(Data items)
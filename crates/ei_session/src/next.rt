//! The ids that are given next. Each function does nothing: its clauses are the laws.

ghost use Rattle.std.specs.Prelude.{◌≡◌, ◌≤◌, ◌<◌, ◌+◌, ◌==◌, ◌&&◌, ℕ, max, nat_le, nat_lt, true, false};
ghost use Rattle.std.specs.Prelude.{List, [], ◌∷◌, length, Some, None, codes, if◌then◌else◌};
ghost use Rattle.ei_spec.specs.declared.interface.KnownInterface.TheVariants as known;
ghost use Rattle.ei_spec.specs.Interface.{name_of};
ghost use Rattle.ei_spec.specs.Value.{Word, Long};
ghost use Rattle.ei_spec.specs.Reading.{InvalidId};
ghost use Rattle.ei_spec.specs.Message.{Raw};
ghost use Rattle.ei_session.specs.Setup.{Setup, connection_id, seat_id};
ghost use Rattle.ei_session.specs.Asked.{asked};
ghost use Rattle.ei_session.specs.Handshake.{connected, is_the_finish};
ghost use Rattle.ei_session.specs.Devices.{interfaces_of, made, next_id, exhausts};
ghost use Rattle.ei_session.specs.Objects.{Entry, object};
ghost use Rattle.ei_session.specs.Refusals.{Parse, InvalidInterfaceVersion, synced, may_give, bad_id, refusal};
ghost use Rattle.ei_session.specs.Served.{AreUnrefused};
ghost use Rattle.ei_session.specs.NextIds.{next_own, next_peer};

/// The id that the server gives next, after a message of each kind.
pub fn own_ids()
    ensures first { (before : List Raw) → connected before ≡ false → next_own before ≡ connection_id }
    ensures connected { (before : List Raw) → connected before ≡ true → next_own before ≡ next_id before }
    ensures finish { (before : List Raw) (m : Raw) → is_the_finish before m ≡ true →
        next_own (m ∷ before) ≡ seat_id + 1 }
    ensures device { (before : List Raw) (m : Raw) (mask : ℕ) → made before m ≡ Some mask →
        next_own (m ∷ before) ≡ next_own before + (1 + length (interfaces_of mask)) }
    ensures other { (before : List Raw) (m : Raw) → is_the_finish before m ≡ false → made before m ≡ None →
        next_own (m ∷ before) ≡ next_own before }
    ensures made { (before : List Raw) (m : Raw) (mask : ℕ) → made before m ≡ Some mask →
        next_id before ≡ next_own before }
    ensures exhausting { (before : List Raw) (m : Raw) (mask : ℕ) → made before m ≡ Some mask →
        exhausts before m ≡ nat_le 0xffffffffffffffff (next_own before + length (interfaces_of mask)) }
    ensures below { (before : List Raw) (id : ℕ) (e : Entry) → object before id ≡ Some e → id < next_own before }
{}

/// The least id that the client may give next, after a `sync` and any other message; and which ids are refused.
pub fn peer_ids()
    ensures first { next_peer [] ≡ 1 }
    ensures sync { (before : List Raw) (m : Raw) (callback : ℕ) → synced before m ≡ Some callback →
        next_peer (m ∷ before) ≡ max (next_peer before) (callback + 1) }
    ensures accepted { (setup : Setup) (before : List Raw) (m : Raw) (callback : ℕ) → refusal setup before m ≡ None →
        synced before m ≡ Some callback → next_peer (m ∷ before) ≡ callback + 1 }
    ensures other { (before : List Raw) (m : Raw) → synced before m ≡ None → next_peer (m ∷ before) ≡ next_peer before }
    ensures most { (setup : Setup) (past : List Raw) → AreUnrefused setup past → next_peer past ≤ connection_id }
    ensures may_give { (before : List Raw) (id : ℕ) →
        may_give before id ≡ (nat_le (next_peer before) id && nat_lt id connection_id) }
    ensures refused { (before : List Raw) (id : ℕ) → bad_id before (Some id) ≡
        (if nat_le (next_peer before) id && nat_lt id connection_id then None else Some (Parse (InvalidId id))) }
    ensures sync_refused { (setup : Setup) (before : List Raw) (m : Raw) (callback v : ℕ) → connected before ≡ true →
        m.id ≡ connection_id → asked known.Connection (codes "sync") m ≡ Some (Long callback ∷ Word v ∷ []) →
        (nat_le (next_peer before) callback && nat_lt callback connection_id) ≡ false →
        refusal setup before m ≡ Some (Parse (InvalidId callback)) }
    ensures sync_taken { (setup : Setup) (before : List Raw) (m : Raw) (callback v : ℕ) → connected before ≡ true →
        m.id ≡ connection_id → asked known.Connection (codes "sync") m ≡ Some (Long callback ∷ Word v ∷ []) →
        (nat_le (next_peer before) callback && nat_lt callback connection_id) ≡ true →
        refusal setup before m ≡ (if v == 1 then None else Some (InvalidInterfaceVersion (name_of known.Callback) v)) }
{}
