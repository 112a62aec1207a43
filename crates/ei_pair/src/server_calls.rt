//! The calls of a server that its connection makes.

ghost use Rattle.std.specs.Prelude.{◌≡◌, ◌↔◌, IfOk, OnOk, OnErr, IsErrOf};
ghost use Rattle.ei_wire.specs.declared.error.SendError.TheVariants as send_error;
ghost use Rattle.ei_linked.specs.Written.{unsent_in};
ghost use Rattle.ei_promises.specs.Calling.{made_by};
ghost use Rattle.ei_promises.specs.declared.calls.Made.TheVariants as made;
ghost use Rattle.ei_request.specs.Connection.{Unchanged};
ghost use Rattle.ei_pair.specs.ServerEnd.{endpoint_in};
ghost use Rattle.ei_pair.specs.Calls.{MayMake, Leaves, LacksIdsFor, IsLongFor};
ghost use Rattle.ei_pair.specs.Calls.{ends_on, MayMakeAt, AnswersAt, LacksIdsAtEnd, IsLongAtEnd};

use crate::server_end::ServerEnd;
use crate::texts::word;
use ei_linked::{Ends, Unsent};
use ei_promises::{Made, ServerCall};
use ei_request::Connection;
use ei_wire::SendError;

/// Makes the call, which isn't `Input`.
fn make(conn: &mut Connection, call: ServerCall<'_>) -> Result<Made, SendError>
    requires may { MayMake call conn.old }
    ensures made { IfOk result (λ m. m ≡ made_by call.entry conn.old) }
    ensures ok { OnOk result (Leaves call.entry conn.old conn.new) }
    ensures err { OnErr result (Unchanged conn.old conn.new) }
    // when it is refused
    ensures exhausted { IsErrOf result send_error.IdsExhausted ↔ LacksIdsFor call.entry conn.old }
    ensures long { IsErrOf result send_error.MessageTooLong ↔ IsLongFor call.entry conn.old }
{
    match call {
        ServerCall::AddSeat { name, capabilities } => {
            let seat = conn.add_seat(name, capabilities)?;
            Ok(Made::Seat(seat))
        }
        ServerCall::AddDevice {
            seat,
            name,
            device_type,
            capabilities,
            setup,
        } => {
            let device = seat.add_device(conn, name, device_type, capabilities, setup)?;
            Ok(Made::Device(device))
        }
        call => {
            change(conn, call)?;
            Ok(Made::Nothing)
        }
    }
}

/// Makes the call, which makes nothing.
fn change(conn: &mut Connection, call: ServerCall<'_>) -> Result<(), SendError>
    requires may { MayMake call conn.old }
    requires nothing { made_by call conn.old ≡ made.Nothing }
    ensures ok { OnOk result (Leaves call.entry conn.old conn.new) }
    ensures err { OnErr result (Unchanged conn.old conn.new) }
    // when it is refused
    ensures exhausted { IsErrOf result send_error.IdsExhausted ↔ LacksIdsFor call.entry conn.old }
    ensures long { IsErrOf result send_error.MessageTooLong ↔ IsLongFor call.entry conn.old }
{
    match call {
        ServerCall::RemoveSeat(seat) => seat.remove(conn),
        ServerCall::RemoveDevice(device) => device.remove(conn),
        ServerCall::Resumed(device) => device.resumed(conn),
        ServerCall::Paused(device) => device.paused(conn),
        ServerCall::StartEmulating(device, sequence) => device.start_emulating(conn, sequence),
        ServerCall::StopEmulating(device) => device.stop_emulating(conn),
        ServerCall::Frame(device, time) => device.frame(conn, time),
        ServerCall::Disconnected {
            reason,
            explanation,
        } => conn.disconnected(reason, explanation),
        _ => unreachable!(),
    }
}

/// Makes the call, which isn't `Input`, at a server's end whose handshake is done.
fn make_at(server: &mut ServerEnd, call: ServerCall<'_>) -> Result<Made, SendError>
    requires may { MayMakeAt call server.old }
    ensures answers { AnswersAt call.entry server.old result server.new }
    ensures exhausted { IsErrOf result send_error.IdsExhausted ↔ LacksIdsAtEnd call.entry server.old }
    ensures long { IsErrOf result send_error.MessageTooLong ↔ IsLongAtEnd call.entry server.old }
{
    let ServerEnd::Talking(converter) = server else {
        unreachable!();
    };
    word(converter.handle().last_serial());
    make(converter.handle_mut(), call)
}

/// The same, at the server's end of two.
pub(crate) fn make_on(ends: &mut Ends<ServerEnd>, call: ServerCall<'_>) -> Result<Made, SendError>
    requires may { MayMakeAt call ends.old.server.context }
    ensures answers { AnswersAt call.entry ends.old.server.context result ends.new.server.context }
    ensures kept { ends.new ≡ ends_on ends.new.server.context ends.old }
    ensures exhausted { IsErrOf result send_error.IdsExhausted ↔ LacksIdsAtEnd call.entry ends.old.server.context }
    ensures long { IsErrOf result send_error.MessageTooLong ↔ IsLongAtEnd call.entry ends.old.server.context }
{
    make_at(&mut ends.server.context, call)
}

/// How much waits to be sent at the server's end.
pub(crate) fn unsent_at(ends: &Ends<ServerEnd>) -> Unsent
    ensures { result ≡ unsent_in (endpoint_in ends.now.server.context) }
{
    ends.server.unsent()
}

__EXERCISE REQUIREMENTS__.
Nothing should appear in the answer except the lines above from the line with "let ServerEnd::Talking(converter) = server" through the line with "AnswersAt call.entry ends.old.server.context", both included, written out exactly.

__RESULT__.
    let ServerEnd::Talking(converter) = server else {
        unreachable!();
    };
    word(converter.handle().last_serial());
    make(converter.handle_mut(), call)
}

/// The same, at the server's end of two.
pub(crate) fn make_on(ends: &mut Ends<ServerEnd>, call: ServerCall<'_>) -> Result<Made, SendError>
    requires may { MayMakeAt call ends.old.server.context }
    ensures answers { AnswersAt call.entry ends.old.server.context result ends.new.server.context }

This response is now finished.